This article was originally printed in Numismatic News.
The 1893-CC Morgan dollar is historic because it was the last of the Carson City Morgan dollars. The facility that had long been a disappointment would cease coin production after 1893 having never lived up to what officials thought was the potential of a mint located in the heart of the Comstock Lode.
In fact, 1893 was a tough year all around for the Mint. There was a large amount of money missing at the New Orleans facility with arrests and accusations flying. In addition, there were assorted articles in the press talking about the ridiculous situation in terms of silver dollars. It was not just the numismatic press of the day; it was Harper’s Weekly that talked about half a square mile of silver dollars.
There was some action taken that would be very important as the silver purchase clause of the Act of July 14, 1890, was repealed. That meant there would be no more silver purchases and that meant mintages would be dropping significantly as the other supplies of silver were limited. It all might have played a role in the decision on Carson City since the facility was doing little but producing silver dollars and gold.
The 1893-CC mintage was 677,000, which has to be seen as average for Carson City Morgan dollars. What happened to the mintage, however, was probably not normal. In the case of many of the Carson City dollars, they were shipped to Washington around 1900 to be stored. That ultimately kept them from being melted in the Pittman Act melting or being paid out in later years when a need surfaced.
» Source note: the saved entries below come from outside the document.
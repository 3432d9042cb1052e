// The row that some bytes begin with: its kind, whether its fields fit, what it calls.
ghost use Rattle.std.specs.Prelude.{◌≡◌, ◌<◌, length};
ghost use Rattle.rules.specs.Row.{row_in, fields_fit_lem};
ghost use Rattle.rules.specs.Given.{uses_switch_lem};
ghost use Rattle.rows.specs.First.{first_kind_lem, calls_beyond_lem};

use crate::fits::{fields_fit, uses_switch};
use crate::kind::is_call;
use rules::bytes::word;
use rules::kind::Kind;
use rules::operands::Operands;

// The kind that the bytes begin with, whatever the fields.
#[tactic(auto, unfolding(rules::specs::Row::row_in))]
pub fn kind(rows: &[u8]) -> Kind
    requires { 5 < length rows.now }
    ensures { result ≡ (row_in rows.now 0).kind }
{
    Kind::from(rows[0])
}

// What the row that the bytes begin with has beside its kind.
#[tactic(auto, unfolding(rules::specs::Row::row_in))]
pub fn operands(rows: &[u8]) -> Operands
    requires { 5 < length rows.now }
    ensures { result ≡ (row_in rows.now 0).operands }
{
    Operands {
        op: rows[1],
        p: rows[2],
        q: rows[3],
        n: word(rows, 4),
    }
}

// The fields of the row that the bytes begin with are as `kind` uses them.
pub fn fits(kind: Kind, rows: &[u8]) -> bool
    requires { 5 < length rows.now }
    ensures { result ≡ fields_fit_lem kind (row_in rows.now 0).operands }
{
    fields_fit(kind, operands(rows))
}

// The fields of the row that the bytes begin with are as a switch uses them.
pub fn fits_switch(rows: &[u8]) -> bool
    requires { 5 < length rows.now }
    ensures { result ≡ uses_switch_lem (row_in rows.now 0).operands }
{
    uses_switch(operands(rows))
}

// The kind of the row that the bytes begin with, or Unknown where a field is wrong.
#[tactic(auto, unfolding(crate::specs::First::proper_kind))]
pub fn first_kind(rows: &[u8]) -> Kind
    requires { 5 < length rows.now }
    ensures { result ≡ first_kind_lem rows.now }
{
    let named = kind(rows);
    if fits(named, rows) {
        named
    } else {
        Kind::Unknown
    }
}

// The row that the bytes begin with calls a function that isn't one of `count`.
#[tactic(auto, unfolding(crate::specs::First::calls_beyond_lem, rules::specs::Row::row_in))]
pub fn calls_beyond(rows: &[u8], count: usize) -> bool
    requires { 5 < length rows.now }
    ensures { result ≡ calls_beyond_lem count (row_in rows.now 0) }
{
    is_call(kind(rows)) && usize::from(word(rows, 4)) >= count
}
It enabled large numbers to be found among the final few million dollars still in the vault once the sale of $1,000 bags was halted in 1964.
However, it appears that some numbers of the 1893-CC did not make the trip to Washington. In fact, there are doubts as to whether any made the trip as the General Services Administration total was a single coin.
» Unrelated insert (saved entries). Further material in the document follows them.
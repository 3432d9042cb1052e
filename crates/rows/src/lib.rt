// The rows of a source table, one at a time: the kind and the fields that their bytes say, and the bytes put into a buffer.
#![tactic(auto)]

pub mod dos;
pub mod first;
mod fits;
pub mod kind;
pub mod row;

// A row's bytes, and the last of them.
pub const WIDTH: usize = 6;

pub const LAST: usize = WIDTH - 1;
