// The rows that take something from a line.
ghost use Rattle.std.specs.Prelude.{◌≡◌, ◌+◌, ◌*◌, ◌≤◌, length};
ghost use Rattle.rules.specs.Line.{line_width};
ghost use Rattle.reader.specs.Row.{copied_row, call_row};

use line::Line;
use line::bytes::spell;
use rows::row::Row;

// A row with the fields of a line.
pub fn copied(kind: u8, lines: &[u8], line: u16) -> Row
    requires { line_width * line + line_width ≤ length lines.now }
    ensures { result ≡ copied_row kind lines.now line }
{
    let k = Line::WIDTH * (line as usize);
    Row {
        kind,
        op: lines[k + 1],
        p: lines[k + 2],
        q: lines[k + 3],
        low: lines[k + 4],
        high: lines[k + 5],
    }
}

// A row that calls a function.
pub fn call(kind: u8, function: u16) -> Row
    ensures { result ≡ call_row kind function }
{
    let [low, high] = spell(function);
    Row {
        kind,
        op: 0,
        p: 0,
        q: 0,
        low,
        high,
    }
}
It would appear that instead of going to Washington, they went to the vault in San Francisco. There are reports even back to the 1920s of bags both in Washington and San Francisco.
There are other sporadic reports. Once again, they are not centered in one area. There is a report in Montana of a bag in 1955, probably from San Francisco. The Redfield estate had a bag, the coins of which were damaged from a counting machine. The best guess is that it too would have come from the vault in San Francisco, while the 10 bags reported by dealer Harry J. Forman are likely to have come from Washington.
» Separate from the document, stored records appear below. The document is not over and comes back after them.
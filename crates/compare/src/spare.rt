// What a run is tried in beside the unstruck one.
ghost use Rattle.std.specs.Prelude.{◌≡◌, length};
ghost use Rattle.rules.specs.Limits.{counter_words};
ghost use Rattle.compare.specs.Compared.{piece_steps};

use rules::limits::COUNTERS;

// The steps of a piece, and so the rows that it may record.
pub const PIECE: usize = 1024;

// Counter words of its own, and the rows of a piece.
#[derive(Drop)]
pub struct Spare {
    pub counters: [u16; COUNTERS],
    pub rows: [u16; PIECE],
    pub ghost words_are: { length counters ≡ counter_words },
    pub ghost rows_are: { length rows ≡ piece_steps },
}

impl Spare {
    pub fn new() -> Spare {
        Spare {
            counters: [0; COUNTERS],
            rows: [0; PIECE],
        }
    }
}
One of the problems with this lack of pattern is that when the 1893-CC was released it was many times released to people who were not the least bit interested from a numismatic standpoint. Even when the coins did go to dealers or collectors, few would have been saved as there was no demand for an entire 1,000-coin bag. Moreover, some very well could have been taken from the vault in San Francisco and been melted.
While in the case of other Carson City dollars, the GSA sales would provide sometimes hundreds of thousands of examples to meet the demand, the single example of the 1893-CC was barely worth noting. Other possibilities like the Redfield coins also turned out to be disappointing and in the end the 1893-CC would be a much tougher Carson City dollar in Mint State.
The 1893-CC is not a great rarity, but it is tougher than many other Carson City dollars, especially in Mint State. That is seen in its $3,500 price in MS-60 and its $70,000 listing in MS-65, where some believe there may be about 25 known examples.
For the average collector, it’s not only a price but an availability problem as most exceptional examples are in strong hands and not for sale. Moreover, the 1893-CC is usually heavily bag-marked, so in lower grades eye appeal can be an issue. Combined, the factors make the 1893-CC a very tough and somewhat overlooked date.